Stability AI expands its generative AI model offerings with the launch of Stable Video 3D (SV3D).
As the name suggests, SV3D is a generative AI video tool designed to render 3D videos. Building on the foundational Stable Video technology, which allows users to create short videos from images or text prompts, SV3D enhances video capabilities for novel view synthesis and 3D generation, making substantial improvements over the previous Stable Video Diffusion model.
With SV3D, Stability AI adds significant depth to its video generation technology, enabling the creation and transformation of multi-view 3D meshes from a single input image. This model is now available for commercial use with a Stability AI Professional Membership, priced at $20 per month for creators and developers earning less than $1 million annually. For non-commercial purposes, users can download model weights from Hugging Face.
Here’s a quick video demonstration I generated. While there may be slight distortions, the object forms in the video remain coherent and stable as the camera rotates.
Target Use Cases: Game Creation and E-Commerce
“By adapting our Stable Video Diffusion image-to-video model with camera path conditioning, Stable Video 3D generates multi-view videos of an object,” the company noted in a blog post about the new model.
“Stable Video 3D is particularly valuable for generating 3D assets in the gaming sector,” said Varun Jampani, lead researcher at Stability AI. “It also produces 360-degree orbital videos that enhance the immersive shopping experience in e-commerce.”

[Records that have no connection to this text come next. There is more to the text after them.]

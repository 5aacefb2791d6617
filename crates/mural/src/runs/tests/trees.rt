// Transcripts on trees, written by hand from the grammar: lines behind `> `, each with its reply below.

/// All of them.
pub(super) fn trees() -> [&'static [u8]; 8] {
    [
        OPERATORS,
        READINGS,
        BINDERS,
        METAVARIABLES,
        CONSTANTS,
        LONG_NAMES,
        TURNED,
        QUANTIFIERS,
    ]
}

/// Operators by their levels and sides, and where they fit nothing.
const OPERATORS: &[u8] = b"\
> theory t
ok
> const t p -> e
ok
> const t q -> e
ok
> const t r -> e
ok
> axiom t a1 : p and q or r
ok
> axiom t a2 : p => q => r
ok
> axiom t a3 : not not p
ok
> axiom t a4 : p<=>q
ok
> axiom t a5 : (p <=> q) <=> r
ok
> axiom t a6 : p = (q = r)
ok
> axiom t a7 : p and not q
ok
> axiom t a8 : ((p))
ok
> axiom t a9 : imp(p, q) => iff(p, eq(q, r))
ok
> axiom t b1 : not p; p : bool |- p = q
ok
> axiom t b : p <=> q <=> r
refused syntax 21
> axiom t b : p = q = r
refused syntax 19
> axiom t b : p = q : r
refused syntax 19
> axiom t b : p : q : r
refused syntax 19
> axiom t b : p = not q
refused syntax 17
> axiom t b : p : not q
refused syntax 17
> axiom t b : p = q <=> not r
ok
> axiom t c : not
refused syntax 16
> axiom t c : p and
refused syntax 18
> axiom t c : and p
refused syntax 13
> axiom t c : and(p, q)
refused syntax 13
> axiom t c : or(p)
refused syntax 13
> axiom t c : not(p, q)
refused syntax 18
> axiom t c : p or or q
refused syntax 18
> axiom t c : p not q
refused syntax 15
> axiom t c : (p
refused syntax 15
> axiom t c : (p))
refused syntax 16
> axiom t c : ()
refused syntax 14
> axiom t c : (p)(q)
refused syntax 16
> axiom t c : (p, q)
refused syntax 15
> axiom t c : p == q
refused syntax 16
> axiom t c : p <= q
refused syntax 15
> axiom t c : p -> q
refused syntax 15
> axiom t c : p := q
refused syntax 15
> axiom t c : p; q and |- r
refused syntax 22
> axiom t c : p |- q |- r
refused syntax 20
> axiom t c : p(q) and (q or not r) => not(p) = q
ok
";

/// What is read as one tree, and what as two.
const READINGS: &[u8] = b"\
> theory t
ok
> const t p -> e
ok
> const t q -> e
ok
> const t r -> e
ok
> axiom t a : p => q => r
ok
> rule t a1 : imp(p, imp(q, r))
ok
> proof a1 m
ok
> line a1 m l in root : p => (q => r)
ok
> cite a1 m l : rule a
ok
> status a1
a1 rule established
> rule t a2 : (p => q) => r
ok
> proof a2 m
ok
> line a2 m l in root : (p => q) => r
ok
> cite a2 m l : rule a
ok
> status a2
a2 rule incomplete
> axiom t b : p or q or r
ok
> rule t b1 : (p or q) or r
ok
> proof b1 m
ok
> line b1 m l in root : (p or q) or r
ok
> cite b1 m l : rule b
ok
> status b1
b1 rule established
> rule t b2 : p or (q or r)
ok
> proof b2 m
ok
> line b2 m l in root : p or (q or r)
ok
> cite b2 m l : rule b
ok
> status b2
b2 rule incomplete
> axiom t c : not(p) = q
ok
> rule t c1 : not (p = q)
ok
> proof c1 m
ok
> line c1 m l in root : not eq(p, q)
ok
> cite c1 m l : rule c
ok
> status c1
c1 rule established
> rule t c2 : (not p) = q
ok
> proof c2 m
ok
> line c2 m l in root : (not p) = q
ok
> cite c2 m l : rule c
ok
> status c2
c2 rule incomplete
> axiom t d : p and q = r or p : bool
ok
> rule t d1 : (p and (q = r)) or (typing(p, bool))
ok
> proof d1 m
ok
> line d1 m l in root : (p and q = r) or p : bool
ok
> cite d1 m l : rule d
ok
> status d1
d1 rule established
> axiom t f : p <=> q => not p and r
ok
> rule t f1 : iff(p, q => ((not p) and r))
ok
> proof f1 m
ok
> line f1 m l in root : p <=> (q => (not p and r))
ok
> cite f1 m l : rule f
ok
> status f1
f1 rule established
";

/// Binders, with one variable each.
const BINDERS: &[u8] = b"\
> theory t
ok
> const t T -> t
ok
> const t p -> e
ok
> const t le(e, e) -> e
ok
> const t all{e} -> e
ok
> axiom t a1 : forall{x:T. le(x, x)}
ok
> axiom t a2 : forall { x : T . exists{y:T. le(x, y)} } and p
ok
> axiom t a3 : all{x:bool. not x}
ok
> axiom t a4 : forall{x:p => p. p}
ok
> axiom t a5 : forall{x:y:T. p}
ok
> axiom t a6 : le(forall{x:T. p}, p) => a.b{x:T. true{y:c. x}}
ok
> axiom t a7 : forall
ok
> axiom t b : forall{x:T.p}
refused syntax 25
> axiom t b : forall{x:T. p
refused syntax 26
> axiom t b : forall{x. p}
refused syntax 21
> axiom t b : forall{x:T, p}
refused syntax 23
> axiom t b : forall{x:T}
refused syntax 23
> axiom t b : forall{x:T. }
refused syntax 25
> axiom t b : forall{x:y:z:T. p}
refused syntax 25
> axiom t b : forall{}
refused syntax 20
> axiom t b : forall{and:T. p}
refused syntax 20
> axiom t b : forall{true:T. p}
refused syntax 20
> axiom t b : forall{a.b:T. p}
refused syntax 20
> axiom t b : forall{?x:T. p}
refused syntax 20
> axiom t b : and{x:T. p}
refused syntax 13
> axiom t b : not{x:T. p}
refused syntax 16
> axiom t b : forall[x]
refused syntax 19
> axiom t b : forall{x:T. p}(p)
refused syntax 27
> axiom t b : {x:T. p}
refused syntax 17
> status a1
a1 axiom established
> status a2
a2 axiom established
> status a4
a4 axiom ill-formed
> status a7
a7 axiom ill-formed
";

/// Metavariables with arguments, and abstractions with parameters.
const METAVARIABLES: &[u8] = b"\
> theory t
ok
> const t T -> t
ok
> const t p -> e
ok
> const t f(e) -> e
ok
> axiom t a1 : ?m[p, f(p)]
ok
> axiom t a2 : ?m [p,?n[?n[p]]] and ?and
ok
> axiom t a3 : ?m[forall{x:T. ?n[x]}]; ?m[not p] |- p
ok
> axiom t b : ?m[]
refused syntax 16
> axiom t b : ?m[p,]
refused syntax 18
> axiom t b : ?m[p
refused syntax 17
> axiom t b : ?m[p; p]
refused syntax 17
> axiom t b : ?m(p)
refused syntax 15
> axiom t b : ?m[p](p)
refused syntax 18
> axiom t b : ?m[p][p]
refused syntax 18
> axiom t b : ?m{x:T. p}
refused syntax 15
> axiom t b : ?m.a
refused syntax 15
> axiom t b : ? m
refused syntax 13
> axiom t b : ?1
refused syntax 13
> axiom t b : p[p]
refused syntax 14
> axiom t all : ?m[p]; ?m[f(p)] |- ?m[f(f(p))]
ok
> axiom t b1 : p = p
ok
> axiom t b2 : f(p) = f(p)
ok
> rule t r : f(f(p)) = f(f(p))
ok
> proof r m
ok
> line r m l1 in root : p = p
ok
> cite r m l1 : rule b1
ok
> line r m l2 in root : f(p) = f(p)
ok
> cite r m l2 : rule b2
ok
> line r m l3 in root : f(f(p)) = f(f(p))
ok
> cite r m l3 : rule all from l1, l2 with ?m[x] := x = x
ok
> status r
r rule established
> cite r m l3 : rule all from l1, l2 with ?m[x] := x = p
ok
> status r
r rule incomplete
> cite r m l3 : rule all from l1, l2 with ?m[y, x] := y = x
ok
> status r
r rule incomplete
> cite r m l3 : rule all from l1, l2 with ?m[ y ] := eq(y, (y))
ok
> status r
r rule established
> cite r m l3 : rule a with ?m[] := p
refused syntax 30
> cite r m l3 : rule a with ?m[x,] := p
refused syntax 32
> cite r m l3 : rule a with ?m[and] := p
refused syntax 30
> cite r m l3 : rule a with ?m[x, true] := p
refused syntax 33
> cite r m l3 : rule a with ?m[x.y] := p
refused syntax 30
> cite r m l3 : rule a with ?m[f(x)] := p
refused syntax 31
> cite r m l3 : rule a with ?m[x := p
refused syntax 32
> cite r m l3 : rule a with ?m[x] = p
refused syntax 33
> cite r m l3 : rule a with ?m[x] :=
refused syntax 35
> cite r m l3 : rule a with ?m := p => ?n[p] = p;
refused syntax 48
> cite r m l3 : rule a with ?m := p = p = p
refused syntax 39
";

/// Constants with kinds and of binder shape.
const CONSTANTS: &[u8] = b"\
> theory t
ok
> const t T -> t
ok
> const t f(t, e) -> t
ok
> const t B{e} -> t
ok
> const t C { t }->e
ok
> const t e -> t
ok
> const t t(t, e) -> e
ok
> const t true{e} -> e
refused builtin true
> const t forall{e} -> e
refused builtin forall
> const base X{t} -> t
refused builtin base
> const nope X{t} -> t
refused unknown nope
> const t B -> e
refused taken B
> const t D{e, e} -> e
refused syntax 12
> const t D{} -> e
refused syntax 11
> const t D{e -> e
refused syntax 13
> const t D{e}(e) -> e
refused syntax 13
> const t D(e){e} -> e
refused syntax 13
> const t D[e] -> e
refused syntax 10
> const t D() -> e
refused syntax 11
> const t D -> k
refused syntax 14
> const t D(e, k) -> e
refused syntax 14
> const t D(e) -> e -> e
refused syntax 19
> const t D ->
refused syntax 13
> const t D{x:T. e} -> e
refused syntax 11
> const t D.D{e} -> e
refused syntax 9
> const t D
refused syntax 10
> axiom t a1 : C{x:T. T} and e(T)
ok
> axiom t a2 : C{x:T. f(T, x)}
ok
> axiom t a3 : t(f(T, true), true)
ok
> axiom t a4 : t(true, true)
ok
> axiom t a5 : forall{x:f(T, true). t(B{y:T. x = y}, x)}
ok
> axiom t a6 : C(T)
ok
> axiom t a7 : true : B{x:bool. x}
ok
> axiom t a8 : B{x:bool. x}
ok
> status a2
a2 axiom established
> status a3
a3 axiom established
> status a4
a4 axiom ill-formed
> status a5
a5 axiom established
> status a6
a6 axiom ill-formed
> status a7
a7 axiom established
> status a8
a8 axiom ill-formed
";

/// Segments of 64 and of 65 bytes: syntax goes before the limit, and this before all else.
const LONG_NAMES: &[u8] = b"\
> theory aaaaaaaaaaaaaaaaaaaaaaaaaaaaaaaaaaaaaaaaaaaaaaaaaaaaaaaaaaaaaaaa
ok
> theory aaaaaaaaaaaaaaaaaaaaaaaaaaaaaaaaaaaaaaaaaaaaaaaaaaaaaaaaaaaaaaaaa
refused limit name
> theory aaaaaaaaaaaaaaaaaaaaaaaaaaaaaaaaaaaaaaaaaaaaaaaaaaaaaaaaaaaaaaaaa x
refused syntax 74
> theory aaaaaaaaaaaaaaaaaaaaaaaaaaaaaaaaaaaaaaaaaaaaaaaaaaaaaaaaaaaaaaaaa.b
refused syntax 8
> const aaaaaaaaaaaaaaaaaaaaaaaaaaaaaaaaaaaaaaaaaaaaaaaaaaaaaaaaaaaaaaaa aaaaaaaaaaaaaaaaaaaaaaaaaaaaaaaaaaaaaaaaaaaaaaaaaaaaaaaaaaaaaaaa -> e
ok
> const nope aaaaaaaaaaaaaaaaaaaaaaaaaaaaaaaaaaaaaaaaaaaaaaaaaaaaaaaaaaaaaaaaa -> e
refused limit name
> axiom nope b : p.aaaaaaaaaaaaaaaaaaaaaaaaaaaaaaaaaaaaaaaaaaaaaaaaaaaaaaaaaaaaaaaaa
refused limit name
> axiom nope b : ?aaaaaaaaaaaaaaaaaaaaaaaaaaaaaaaaaaaaaaaaaaaaaaaaaaaaaaaaaaaaaaaaa
refused limit name
> axiom aaaaaaaaaaaaaaaaaaaaaaaaaaaaaaaaaaaaaaaaaaaaaaaaaaaaaaaaaaaaaaaa b : aaaaaaaaaaaaaaaaaaaaaaaaaaaaaaaaaaaaaaaaaaaaaaaaaaaaaaaaaaaaaaaa.aaaaaaaaaaaaaaaaaaaaaaaaaaaaaaaaaaaaaaaaaaaaaaaaaaaaaaaaaaaaaaaa.aaaaaaaaaaaaaaaaaaaaaaaaaaaaaaaaaaaaaaaaaaaaaaaaaaaaaaaaaaaaaaaa => ?aaaaaaaaaaaaaaaaaaaaaaaaaaaaaaaaaaaaaaaaaaaaaaaaaaaaaaaaaaaaaaaa
ok
> rule nope b : p.aaaaaaaaaaaaaaaaaaaaaaaaaaaaaaaaaaaaaaaaaaaaaaaaaaaaaaaaaaaaaaaaa.b.c
refused syntax 15
> rule nope b : forall{aaaaaaaaaaaaaaaaaaaaaaaaaaaaaaaaaaaaaaaaaaaaaaaaaaaaaaaaaaaaaaaaa:T. p}
refused limit name
> rule nope b : aaaaaaaaaaaaaaaaaaaaaaaaaaaaaaaaaaaaaaaaaaaaaaaaaaaaaaaaaaaaaaaaa aaaaaaaaaaaaaaaaaaaaaaaaaaaaaaaaaaaaaaaaaaaaaaaaaaaaaaaaaaaaaaaaa
refused syntax 81
> line r m l in aaaaaaaaaaaaaaaaaaaaaaaaaaaaaaaaaaaaaaaaaaaaaaaaaaaaaaaaaaaaaaaaa : p
refused limit name
> cite r m l : rule a from aaaaaaaaaaaaaaaaaaaaaaaaaaaaaaaaaaaaaaaaaaaaaaaaaaaaaaaaaaaaaaaaa
refused limit name
> cite r m l : rule a with ?m[aaaaaaaaaaaaaaaaaaaaaaaaaaaaaaaaaaaaaaaaaaaaaaaaaaaaaaaaaaaaaaaaa] := p
refused limit name
> status aaaaaaaaaaaaaaaaaaaaaaaaaaaaaaaaaaaaaaaaaaaaaaaaaaaaaaaaaaaaaaaaa
refused limit name
> aaaaaaaaaaaaaaaaaaaaaaaaaaaaaaaaaaaaaaaaaaaaaaaaaaaaaaaaaaaaaaaaa b
refused syntax 1
> axiom base b : aaaaaaaaaaaaaaaaaaaaaaaaaaaaaaaaaaaaaaaaaaaaaaaaaaaaaaaaaaaaaaaaa
refused limit name
> rule base aaaaaaaaaaaaaaaaaaaaaaaaaaaaaaaaaaaaaaaaaaaaaaaaaaaaaaaaaaaaaaaaa : p
refused limit name
> const base aaaaaaaaaaaaaaaaaaaaaaaaaaaaaaaaaaaaaaaaaaaaaaaaaaaaaaaaaaaaaaaaa -> e
refused limit name
> const aaaaaaaaaaaaaaaaaaaaaaaaaaaaaaaaaaaaaaaaaaaaaaaaaaaaaaaaaaaaaaaaa and -> e
refused limit name
> const aaaaaaaaaaaaaaaaaaaaaaaaaaaaaaaaaaaaaaaaaaaaaaaaaaaaaaaaaaaaaaaaa ands -> e
refused limit name
> proof base aaaaaaaaaaaaaaaaaaaaaaaaaaaaaaaaaaaaaaaaaaaaaaaaaaaaaaaaaaaaaaaaa
refused limit name
> theory base
refused builtin base
";

/// A conjunction is turned round.
const TURNED: &[u8] = b"\
> theory prop
ok
> axiom prop and_e1 : ?p and ?q |- ?p
ok
> axiom prop and_e2 : ?p and ?q |- ?q
ok
> axiom prop and_i : ?p; ?q |- ?p and ?q
ok
> rule prop and_swap : ?p and ?q |- ?q and ?p
ok
> proof and_swap m
ok
> line and_swap m l3 in root : ?q and ?p
ok
> cite and_swap m l3 : rule and_i from l1, l2 with ?p := ?q; ?q := ?p
ok
> status and_swap
and_swap rule incomplete
> line and_swap m l1 in root before l3 : ?q
ok
> line and_swap m l2 in root before l3 : ?p
ok
> cite and_swap m l1 : rule and_e2 from #1 with ?p := ?p; ?q := ?q
ok
> cite and_swap m l2 : rule and_e1 from #1 with ?p := ?p; ?q := ?q
ok
> status and_swap
and_swap rule established
";

/// Rules on quantifiers.
const QUANTIFIERS: &[u8] = b"\
> theory q
ok
> const q N -> t
ok
> const q le(e, e) -> e
ok
> axiom q all_e : forall{x:?T. ?P[x]}; ?a : ?T |- ?P[?a]
ok
> axiom q all_i : {x:?T | |- ?P[x]} |- forall{x:?T. ?P[x]}
ok
> axiom q ex_i : ?P[?a]; ?a : ?T |- exists{x:?T. ?P[x]}
ok
> rule q r : forall{y:N. exists{x:N. le(y, x)}} |- forall{x:N. exists{z:N. le(x, z)}}
ok
> status r
r rule unproved
> proof r m
ok
> line r m l in root : forall{b:N. exists{x:N. le(b, x)}}
ok
> cite r m l : rule all_i from #1
ok
> status r
r rule incomplete
> const q c -> e
ok
> axiom q c_is : c : N
ok
> rule q s : forall{y:N. exists{x:N. le(y, x)}} |- exists{z:N. le(c, z)}
ok
> proof s m
ok
> line s m l1 in root : c : N
ok
> cite s m l1 : rule c_is
ok
> line s m l2 in root : exists{z:N. le(c, z)}
ok
> cite s m l2 : rule all_e from #1, l1 with ?T := N; ?P[y] := exists{x:N. le(y, x)}; ?a := c
ok
> status s
s rule established
> cite s m l2 : rule all_e from #1, l1 with ?T := N; ?P[x] := exists{x:N. le(x, x)}; ?a := c
ok
> status s
s rule incomplete
> rule q u : le(c, c) |- exists{z:N. le(z, c)}
ok
> proof u m
ok
> line u m l1 in root : c : N
ok
> cite u m l1 : rule c_is
ok
> line u m l2 in root : exists{w:N. le(w, c)}
ok
> cite u m l2 : rule ex_i from #1, l1 with ?P[v] := le(v, c); ?a := c; ?T := N
ok
> status u
u rule established
";
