// Transcripts of the pages of theories, written by hand: lines behind `> `, each with its reply below.

/// All of them.
pub(super) fn units() -> [&'static [u8]; 2] {
    [PAGES, CHANGES]
}

/// What a page lists, each in byte order of the names.
const PAGES: &[u8] = b"\
> show unit base
theory base
const and(e, e) -> e
const bool -> t
const eq(e, e) -> e
const exists{e} -> e
const false -> e
const forall{e} -> e
const iff(e, e) -> e
const imp(e, e) -> e
const not(e) -> e
const or(e, e) -> e
const sub{e} -> t
const true -> e
const typing(e, t) -> e
end
> show unit t
refused unknown t
> show unit
refused syntax 10
> show unit ?t
refused syntax 11
> show unit t u
refused syntax 13
> theory t
ok
> show  unit\tt
theory t
end
> show unit t.t
refused unknown t.t
> parent t low2
ok
> parent t low.er
ok
> parent t base
ok
> parent t low
ok
> parent t Low
ok
> const t b{t}->e
ok
> const t ab(e,t,e) -> e
ok
> const t a2 -> e
ok
> const t a_b -> t
ok
> const t a10(e) -> t
ok
> const t B{e} -> t
ok
> const t a -> e
ok
> define b(x)=not(not(x))
ok
> define ab(x,y,z) = eq(x, z)
ok
> define a2 = true and(true or false)
ok
> rule t r3 : imp(?p, ?q)
ok
> rule t r2 : ?p => ?q
ok
> axiom t r1 : ((?p) and (?q)) |- ?p
ok
> rule t r10 : ?p and ?q |- ?p
ok
> axiom t worse : b{x:a. x}
ok
> rule t bad : a(a)
ok
> rule t R : {x:B{y:bool. y} | ?p[x] |- a} |- a
ok
> proof r10 m
ok
> line r10 m l in root : ?p
ok
> cite r10 m l : rule r1 from #1 with ?p := ?p; ?q := ?q
ok
> proof r2 m
ok
> line r2 m l in root : ?p => ?q
ok
> cite r2 m l : rule r3 with ?p := ?p; ?q := ?q
ok
> proof R m
ok
> proof R n
ok
> proof r4 m
ok
> show unit t
theory t
parent Low
parent base
parent low
parent low.er
parent low2
const B{e} -> t
const a -> e
const a10(e) -> t
const a2 -> e
define a2 = true and (true or false)
const a_b -> t
const ab(e, t, e) -> e
define ab(x, y, z) = x = z
const b{t} -> e
define b(x) = not not x
rule R incomplete : {x:B{y:bool. y} | ?p[x] |- a} |- a
rule bad ill-formed : a(a)
axiom r1 established : ?p and ?q |- ?p
rule r10 established : ?p and ?q |- ?p
rule r2 complete : ?p => ?q
rule r3 unproved : ?p => ?q
axiom worse ill-formed : b{x:a. x}
end
> show unit low
refused unknown low
> parent base t
refused builtin base
> const base c -> e
refused builtin base
";

/// A page tells what is there at the moment, and of its own theory alone.
const CHANGES: &[u8] = b"\
> theory a
ok
> theory b
ok
> parent b a
ok
> const a p -> e
ok
> axiom a hold : p and p
ok
> const b d(e) -> e
ok
> define d(x) = x and x
ok
> rule b twice : d(p)
ok
> proof twice m
ok
> line twice m one in root : p and p
ok
> cite twice m one : rule hold
ok
> line twice m two in root : d(p)
ok
> cite twice m two : def d on one
ok
> show unit a
theory a
const p -> e
axiom hold established : p and p
end
> show unit b
theory b
parent a
const d(e) -> e
define d(x) = x and x
rule twice established : d(p)
end
> define d(y) = y or y
ok
> show unit b
theory b
parent a
const d(e) -> e
define d(y) = y or y
rule twice incomplete : d(p)
end
> define d(v)=(v)and(v)
ok
> show unit b
theory b
parent a
const d(e) -> e
define d(v) = v and v
rule twice established : d(p)
end
> undefine d
ok
> alter const d{t} -> t
ok
> show unit b
theory b
parent a
const d{t} -> t
rule twice ill-formed : d(p)
end
> alter const d(e) -> e
ok
> define d(x) = x and x
ok
> alter rule hold : p
ok
> alter rule twice : p and p
ok
> show unit a
theory a
const p -> e
axiom hold established : p
end
> show unit b
theory b
parent a
const d(e) -> e
define d(x) = x and x
rule twice incomplete : p and p
end
> alter rule hold : p and p
ok
> alter rule twice : d(p)
ok
> unparent b a
ok
> show unit b
theory b
const d(e) -> e
define d(x) = x and x
rule twice ill-formed : d(p)
end
> parent b a
ok
> parent a b
refused circle a
> const b p -> e
refused taken p
> define d(x) = d(x)
refused circle d
> show unit b
theory b
parent a
const d(e) -> e
define d(x) = x and x
rule twice established : d(p)
end
> drop proof twice m
ok
> show unit b
theory b
parent a
const d(e) -> e
define d(x) = x and x
rule twice unproved : d(p)
end
> drop rule twice
ok
> undefine d
ok
> drop const d
ok
> show unit b
theory b
parent a
end
> drop unit b
ok
> show unit b
refused unknown b
> theory b
ok
> drop rule hold
ok
> drop const p
ok
> const b p(e) -> e
ok
> axiom b hold : p(true)
ok
> show unit a
theory a
end
> show unit b
theory b
const p(e) -> e
axiom hold established : p(true)
end
";
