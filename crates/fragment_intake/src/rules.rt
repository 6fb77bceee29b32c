use crossbeam_queue::RuledArrayQueue;
use crossbeam_queue::protocol::{Join, Lesson, Outcome, Protocol, Split};
use logged_fragments::LoggedFragment;
use std::collections::LinkedList;

/// What a collector hands in: a fragment, one that a session joins or comes back with, that a session is closed, or that nothing more comes.
#[derive(Drop, Debug)]
pub enum Item {
    Fragment(LoggedFragment),
    Join(LoggedFragment),
    Close(u8),
    End,
}

/// An item with its collector, from 0 to 3, and its place among what that one submitted, counted from 0.
#[derive(Drop, Debug)]
pub struct Parcel {
    pub collector: u64,
    pub place: u64,
    pub item: Item,
}

// What a pass knows: what each of its collectors has submitted, how many auditors' parts it has (at most one), and what
// it has taken. No value of it is made.
pub struct View {
    pub mine: LinkedList<(u64, LinkedList<Parcel>)>,
    pub audits: u64,
    pub got: LinkedList<Parcel>,
}

/// What the desk holds, after what the auditor has taken, is of each collector what it submitted, in its order.
pub struct InOrder;

impl Protocol<Parcel, View> for InOrder {
    ghost use Rattle.fragment_intake.specs.Delivers.{Delivers, everyone};

    ghost holds = { λ items views. Delivers items views };

    ghost first = { everyone };
}

/// A collector's part is split off the first pass, and taken in again at the end.
pub struct Roles;

impl Split<View> for Roles {
    ghost use Rattle.fragment_intake.specs.Delivers.{without_first, only_first};

    ghost left = { without_first };

    ghost right = { only_first };
}

impl Join<View> for Roles {
    ghost use Rattle.fragment_intake.specs.Delivers.{both_of, blank};

    ghost both = { both_of };

    ghost spent = { blank };
}

/// A collector's push, and what it learns where the queue is full.
pub struct Puts;

impl Outcome<Parcel, View> for Puts {
    ghost use Rattle.fragment_intake.specs.Delivers.{Put};

    ghost then = { Put };
}

impl Lesson<Parcel, View> for Puts {
    ghost use Rattle.fragment_intake.specs.Delivers.{Waits};

    ghost fact = { Waits };
}

/// The auditor's pop, and what it learns where the queue is empty.
pub struct Takes;

impl Outcome<Parcel, View> for Takes {
    ghost use Rattle.fragment_intake.specs.Delivers.{Got};

    ghost then = { Got };
}

impl Lesson<Parcel, View> for Takes {
    ghost use Rattle.fragment_intake.specs.Delivers.{Settled};

    ghost fact = { Settled };
}

pub type Line = RuledArrayQueue<Parcel, View, InOrder>;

From Stable Zero123 to SV3D
Stability AI is well-known for its Stable Diffusion text-to-image generative AI models, including SDXL and Stable Diffusion 3.0, the latter currently in early research preview. The open-source Stable Diffusion 1.5 model underpins many AI image generation and video platforms, such as Runway and Leonardo AI.
In December 2023, Stability AI released the Stable Zero123 model, which introduced new capabilities for 3D image creation. Emad Mostaque, founder and CEO of Stability AI, stated that this model was the first in a series focusing on 3D technologies.
SV3D adopts a different approach to 3D generation compared to Stable Zero123.
“Stable Video 3D serves as both a successor and an enhancement of our earlier model, Stable Zero123,” Jampani explained. “This new model employs a novel view synthesis network that generates multiple novel view images from a single input.”
In contrast to Stable Zero123, which relies on Stable Diffusion to output one image at a time, SV3D leverages Stable Video Diffusion models to produce multiple novel views simultaneously, resulting in superior quality and more effective 3D mesh generation from a single image.
Consistent Views from Any Angle
A research paper by Stability AI discusses techniques for generating 3D visuals from a single image through latent video diffusion.
“Recent advancements in 3D generation adapt 2D generative models for novel view synthesis (NVS) and 3D optimization,” the report states. However, many existing methods face challenges with limited perspectives and inconsistent outputs.
SV3D's primary strength lies in its ability to provide consistent multi-view images of an object, offering coherent perspectives from various angles. The research paper emphasizes this advancement, stating, “Unlike prior approaches that struggle with restricted views and inconsistencies, Stable Video 3D provides coherent views from any angle with effective generalization.”
In addition to enhancing view synthesis, SV3D aims to optimize 3D meshes. Its multi-view consistency allows for high-quality 3D mesh generation directly from the outputs produced.
“Stable Video 3D utilizes its multi-view consistency to optimize 3D Neural Radiance Fields (NeRF) and mesh representations, significantly improving the quality of generated 3D meshes,” Stability AI stated in their announcement.
Two Varieties: SV3Du and SV3Dp
SV3D is available in two variants, each catering to distinct use cases.
SV3D_u generates orbital videos from single image inputs without requiring camera conditioning. Camera conditioning involves additional input, often an image or parameters related to camera perspectives, guiding the generation process.
Conversely, SV3D_p supports both single images and orbital views, empowering users to create 3D videos along specified camera paths.